◆ Problem to work on
The job is to find each line of the records below that includes the word "their" and copy it.

◆ Provided records
———
use crate::answering::{
    crashed_item, ends_session, is_blocked, is_last, served_item, session_served,
};
use crate::connections::Connections;
use client_model::Hold;
use outage_schedule::{Reached, Served};
use pool_core::{Back, Pool, Take};
use std::alloc::Global;
use svc_values::{Down, Ltxid, NoMemory, SessionId, Up};

/// The clock of a run, its connections and its pool: what each event changes beside clients and
/// service.
#[derive(Drop)]
pub struct Traffic {
    pub(crate) event: u64,
    pub(crate) tick: u64,
    pub(crate) connections: Connections,
    pub(crate) pool: Pool,
}

/// These frames, and a Close behind them where the connection is to be closed.
fn with_close(mut frames: Vec<Up>, closes: bool) -> Result<Vec<Up>, NoMemory>
    requires { AllByRecursion IsMadeUp frames.items }
    ensures all { IfOk result (λ all. all.items ≡ frames.items ++ closes_with closes) }
    ensures made { IfOk result (λ all. AllByRecursion IsMadeUp all.items) }
{
    if closes {
        frames.push(Up::Close)?;
    }
    Ok(frames)
}

impl Traffic {
    /// Before the first event, with a pool of so many slots. It takes no memory.
    pub fn new(alloc: Global, slots: u64) -> Traffic
        requires some { 1 ≤ slots }
        requires few { slots ≤ 64 }
        ensures { (m : Machine)
            → IsUnderway result
            (record m { event = 0; tick = 0; links = []; pool = unused slots }) }
    {
        Traffic {
            event: 0,
            tick: 0,
            connections: Connections::new(alloc),
            pool: Pool::new(alloc, slots),
        }
    }

    /// The next event begins.
    pub fn begin(&mut self)
        requires { self.old.event < 2 ^ 48 }
        ensures counted { self.new ≡ record self.old { event = self.old.event + 1 } }
        ensures begun { (m : Machine) → IsUnderway self.old m
            → IsUnderway self.new (record m { event = m.event + 1 }) }
    {
        self.event += 1;
    }

    /// One tick passes.
    pub fn pass(&mut self)
        requires { self.old.tick < 2 ^ 48 }
        ensures { (m : Machine) → IsUnderway self.old m → IsUnderway self.new (ticked m) }
    {
        self.tick += 1;
    }

    /// Cuts a connection, if it is open, and tells how many of the bytes on their way still arrive.
    /// One that is idle leaves the pool. Linear in the idle connections, and takes no memory.
    pub fn cut(&mut self, number: u64, up: u64, down: u64) -> Option<Reached>
        ensures machine { (m : Machine) → IsUnderway self.old m
            → Leads (follow_cut m number up down result) self.new }
        ensures bytes { KeepsFirstAt number up down self.old.connections.all.items
            self.new.connections.all.items }
    {
        let reached = self.connections.cut(number, self.event, up, down);
        if reached.is_some() {
            self.pool.gone(number);
        }
        reached
    }

    /// Ends the session of an orphan, and tells whether there was one. Takes no memory.
    pub fn reap(&mut self, number: u64) -> bool
        ensures { (m : Machine) → IsUnderway self.old m
            → Leads (follow_reap m number result) self.new }
    {
        self.connections.reap(number)
    }

    /// Opens a connection, and gives its number.
    pub fn open(&mut self) -> Result<u64, NoMemory>
        requires { self.old.pool.opened ≤ length self.old.connections.all.items }
        ensures is_open { IfOk result (λ number. IsOpenAt self.new.connections.all.items number) }
        ensures tick { OnOk result (self.new.tick ≡ self.old.tick) }
        ensures opened { IfOk result (λ number. (m : Machine) → IsUnderway self.old m
            → (number ≡ length m.links + 1)
            × IsUnderway self.new
            (record m { links = m.links ++ new_link ∷ []; pool = after_opened m.pool number })) }
    {
        let number = self.connections.add()?;
        self.pool.opened(number);
        Ok(number)
    }

    /// The identifier that is held on a connection.
    pub fn held(&self, number: u64) -> Option<Ltxid>
        ensures { (m : Machine) (link : Link) → link_at m.links number ≡ Some link
            → IsUnderway self.now m → (result ≡ link.held) × IfSome result IsLtxid }
    {
        self.connections.held(number)
    }

    /// The event that ended a connection, if one did.
    pub fn ended(&self, number: u64) -> Option<u64>
        ensures { (m : Machine) (link : Link) → link_at m.links number ≡ Some link
            → IsUnderway self.now m → (result ≡ link.ended) × (link.is_open ≡ is_none result) }
    {
        self.connections.ended(number)
    }

    /// Takes off the frame that is served next on a connection, if one may be served. Linear in the
    /// frame.
    pub(crate) fn first_up(&mut self, number: u64) -> Result<Option<Up>, NoMemory>
        requires { IsUnderwaySome self.old }
        ensures { IfOk result (λ frame. (m : Machine) → IsUnderway self.old m
            → GivesFrontOf m number frame self.new) }
    {
        self.connections.first_up(number)
    }

    /// Notes that the frame that was taken off was served by this session, which may end with it,
    /// and sends the reply, which goes nowhere once the connection has ended. Linear in the reply.
    pub fn serve(
        &mut self,
        number: u64,
        session: SessionId,
        is_last: bool,
        reply: &Option<Down>,
    ) -> Result<(), NoMemory>
        requires { IfSome reply.now IsMadeDown }
        ensures { OnOk result ((m : Machine) (front : Front) (served : Served)
            → served.session ≡ session → is_last_def served.item ≡ is_last
            → link_at m.links number ≡ Some (record front.link { up = front.later })
            → IsUnderway self.old m
            → IsUnderway self.new
            (record m { links = with_link m.links number (after_front front served reply.now) })) }
    {
        self.connections.serve(number, session, is_last, reply)
    }

    /// Writes down that the frame that was taken off was served, with this reply, which is sent,
    /// and whose answers are then moved to what is written. A commit that was blocked ends the
    /// connection. Linear in the reply, beside the idle connections where it was.
    pub fn answer(
        &mut self,
        number: u64,
        frame: Up,
        reply: Option<Down>,
    ) -> Result<Served, NoMemory>
        requires { IfSome reply IsMadeDown }
        ensures { IfOk result (λ served. (m : Machine) (front : Front)
            → link_at m.links number ≡ Some (record front.link { up = front.later })
            → IsUnderway self.old m
            → IsWritten self.old m number front frame reply served self.new) }
    {
        let session = session_served(self.connections.session(number), &reply);
        let ends = ends_session(&frame, &reply);
        self.serve(number, session, ends, &reply)?;
        let served = Served {
            event: self.event,
            session,
            item: served_item(frame, reply),
        };
        if !is_blocked(&served.item) {
            return Ok(served);
        }
        self.end(number);
        Ok(served)
    }

    /// Writes down that the frame that was taken off was stopped before its reply.
    pub fn stop(&mut self, number: u64, frame: Up) -> Result<Served, NoMemory>
        ensures { IfOk result (λ served. (m : Machine) (front : Front)
            → link_at m.links number ≡ Some (record front.link { up = front.later })
            → IsUnderway self.old m → IsStopped self.old m number front frame served self.new) }
    {
        let event = self.event;
        let session = session_served(self.connections.session(number), &None);
        let item = crashed_item(frame);
        self.serve(number, session, is_last(&item), &None)?;
        Ok(Served {
            event,
            session,
            item,
        })
    }

    /// The event ends a connection, if it is open. One that is idle leaves the pool. Linear in the
    /// idle connections, and takes no memory.
    pub fn end(&mut self, number: u64)
        ensures { (m : Machine) → IsUnderway self.old m
            → IsUnderway self.new
            (record m {
              links = changed (ends m.event) m.links number;
              pool = after_gone m.pool
                  number;
            }) }
    {
        self.connections.end(number, self.event);
        self.pool.gone(number);
    }

    /// Takes the reply that stands first on a connection. Linear in the reply.
    pub(crate) fn take(&mut self, number: u64) -> Result<Option<Down>, NoMemory>
        requires { IsUnderwaySome self.old }
        ensures { IfOk result (λ reply. (m : Machine) (link : Link)
            → link_at m.links number ≡ Some link → IsUnderway self.old m
            → GivesReplyOf m number link link.down reply self.new) }
    {
        self.connections.take(number)
    }

    /// Sends frames to the server on a connection that is open. Linear in their bytes.
    pub fn send(&mut self, number: u64, frames: &[Up]) -> Result<(), NoMemory>
        requires may { MaySend (connection_at self.old.connections.all.items number) frames.now }
        requires made { AllByRecursion IsMadeUp frames.now }
        ensures { OnOk result ((m : Machine) (sent : List Sent) → up_frames sent ≡ frames.now
            → IsUnderway self.old m
            → IsUnderway self.new
            (record m { links = changed (sends m.event sent) m.links number })) }
    {
        self.connections.send(number, self.event, frames)
    }

    /// A client asks the pool for a slot and a connection. Linear in the waiters.
    pub fn ask_pool(&mut self, client: u64) -> Result<Take, NoMemory>
        ensures { IfOk result (λ take. (m : Machine) → IsUnderway self.old m
            → (take ≡ take_answer m.pool client)
            × IsUnderway self.new (record m { pool = after_take m.pool client })) }
    {
        self.pool.take(client)
    }

    /// The pool gets back what the request of a client lets go. It tells whether the connection is
    /// to be closed. Linear in the waiters.
    pub fn release(
        &mut self,
        client: u64,
        number: u64,
        holds_slot: bool,
        hold: Hold,
    ) -> Result<bool, NoMemory>
        requires { MayRelease self.old.pool number holds_slot hold }
        ensures closing { IfOk result (λ closes.
            closes_with closes ≡ closing hold (give_back_answer self.old.pool number)) }
        ensures others { (self.new.event ≡ self.old.event)
            × (self.new.connections ≡ self.old.connections) }
        ensures released { OnOk result ((m : Machine) → IsUnderway self.old m
            → IsUnderway self.new
            (record m { pool = released m.pool client number holds_slot hold })) }
    {
        match hold {
            Hold::Keep => Ok(false),
            Hold::GiveBack => Ok(matches!(self.pool.give_back(number)?, Back::Closed)),
            Hold::Drop => {
                self.let_go(client, holds_slot);
                Ok(false)
            }
        }
    }

    /// What a client does at a step: its frames are sent, and the pool gets back what its request
    /// lets go. A connection that is given back and not kept is closed. Tells how many frames were
    /// sent.
    pub fn act(
        &mut self,
        client: u64,
        number: u64,
        holds_slot: bool,
        send: Vec<Up>,
        hold: Hold,
    ) -> Result<u64, NoMemory>
        requires release { MayRelease self.old.pool number holds_slot hold }
        requires may { MaySend (connection_at self.old.connections.all.items number)
            (send.items ++ closing hold (give_back_answer self.old.pool number)) }
        requires made { AllByRecursion IsMadeUp send.items }
        ensures count { IfOk result (λ sent.
            sent ≡ length (send.items ++ closing hold (give_back_answer self.old.pool number))) }
        ensures acted { OnOk result ((m : Machine) (sent : List Sent)
            → up_frames sent ≡ send.items ++ closing hold (give_back_answer self.old.pool number)
            → IsUnderway self.old m
            → IsUnderway self.new
            (record m {
              links = changed (sends m.event sent) m.links number;
              pool = released m.pool
                  client number holds_slot hold;
            })) }
    {
        let closes = self.release(client, number, holds_slot, hold)?;
        let frames = with_close(send, closes)?;
        self.send(number, &frames)?;
        Ok(frames.len() as u64)
    }

    /// A request ends whose connection is used no more: its slot is lost, or it leaves the queue.
    fn let_go(&mut self, client: u64, holds_slot: bool)
        requires { MayRelease self.old.pool 0 holds_slot Hold.Drop }
        ensures others { (self.new.event ≡ self.old.event)
            × (self.new.connections ≡ self.old.connections) }
        ensures released { (m : Machine) → IsUnderway self.old m
            → IsUnderway self.new
            (record m { pool = released m.pool client 0 holds_slot Hold.Drop }) }
    {
        if holds_slot {
            self.pool.lost();
        } else {
            self.pool.leave(client);
        }
    }

    /// Closes the idle connections, and lets the others go once they are given back. Tells how many
    /// were closed. Linear in the idle connections.
    pub fn drain(&mut self) -> Result<u64, NoMemory>
        requires { AreClosable self.old.connections.all.items self.old.pool.idle }
        ensures { IfOk result (λ closed. (m : Machine) → IsUnderway self.old m
            → Leads (follow_drain m closed) self.new) }
    {
        let idle = self.pool.drain()?;
        self.close(&idle)?;
        Ok(idle.len() as u64)
    }

    /// Closes these connections.
    fn close(&mut self, numbers: &[u64]) -> Result<(), NoMemory>
        requires { AreClosable self.old.connections.all.items numbers.now }
        ensures pool { self.new.pool ≡ self.old.pool }
        ensures closed { OnOk result ((m : Machine) → IsUnderway self.old m
            → IsUnderway self.new (record m { links = all_closed m.event m.links numbers.now })) }
    {
        for number in numbers {
            self.connections.send(*number, self.event, &[Up::Close])?;
        }
        Ok(())
    }

    /// All connections and sessions end, and those that were idle leave the pool. Of what is on its
    /// way the replies that a cut let arrive are left. It costs the connections that were opened
    /// since the last crash times those that are idle, and takes no memory.
    pub fn fall(&mut self)
        ensures { (m : Machine) → IsUnderway self.old m
            → IsUnderway self.new
            (record m {
              links = map (fallen_link m.event) m.links;
              pool = fold after_gone m.pool
                  (open_from 1 m.links);
            }) }
    {
        self.connections.leave(&mut self.pool);
        self.connections.fall(self.event);
    }
}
———
◆ Response
    /// Cuts a connection, if it is open, and tells how many of the bytes on their way still arrive.
    /// Sends frames to the server on a connection that is open. Linear in their bytes.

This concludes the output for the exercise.